# PROMPT
Working from the records below, repeat exactly the lines starting at the line that contains "How many loads" and ending at the line that contains "type Elem = C::Elem;", inclusive.

Entries taken from a collection
>>>>
//! An accessor that tallies its loads and stores as it runs.
ghost use Rattle.std.specs.Prelude.{◌≡◌};
ghost use Rattle.bitvec_test_support.specs.Counted.{inner_of, load_tally, store_tally};

use bitvec_cells::{Cells, CellsRead};

/// An accessor around another one, which counts calls at run time, so that a test can compare
/// what a call really did with the bound that its contract promises.
///
/// Contracts see it as the accessor inside.
#[derive(Drop)]
pub struct Counted<C> {
    inner: C,
    loads: u64,
    stores: u64,
}

impl<C> Counted<C> {
    /// Counts the calls on this accessor from here on.
    pub fn new(inner: C) -> Self
        ensures inner { inner_of result ≡ inner }
        ensures loads { load_tally result ≡ 0 }
        ensures stores { store_tally result ≡ 0 }
    {
        Counted {
            inner,
            loads: 0,
            stores: 0,
        }
    }

    /// How many loads were made; at most `u64::MAX`.
    pub fn loads(&self) -> u64
        ensures { result ≡ load_tally self.now }
    {
        self.loads
    }

    /// How many stores were made; at most `u64::MAX`.
    pub fn stores(&self) -> u64
        ensures { result ≡ store_tally self.now }
    {
        self.stores
    }
}

impl<C: CellsRead> CellsRead for Counted<C> {
    type Elem = C::Elem;

    ghost borrow = { λ counted. C.borrow (inner_of counted) };

    ghost numbers = { λ counted. C.numbers (inner_of counted) };

    ghost loads = { λ counted. C.loads (inner_of counted) };

    ghost stores = { λ counted. C.stores (inner_of counted) };

    fn len(&self) -> usize {
        self.inner.len()
    }

    fn load(&mut self, index: usize) -> C::Elem {
        self.loads = self.loads.saturating_add(1);
        self.inner.load(index)
    }
}

impl<C: Cells> Cells for Counted<C> {
    fn store(&mut self, index: usize, element: C::Elem) {
        self.stores = self.stores.saturating_add(1);
        self.inner.store(index, element)
    }
}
<<<<
# EXERCISE RESULT
    /// How many loads were made; at most `u64::MAX`.
    pub fn loads(&self) -> u64
        ensures { result ≡ load_tally self.now }
    {
        self.loads
    }

    /// How many stores were made; at most `u64::MAX`.
    pub fn stores(&self) -> u64
        ensures { result ≡ store_tally self.now }
    {
        self.stores
    }
}

impl<C: CellsRead> CellsRead for Counted<C> {
    type Elem = C::Elem;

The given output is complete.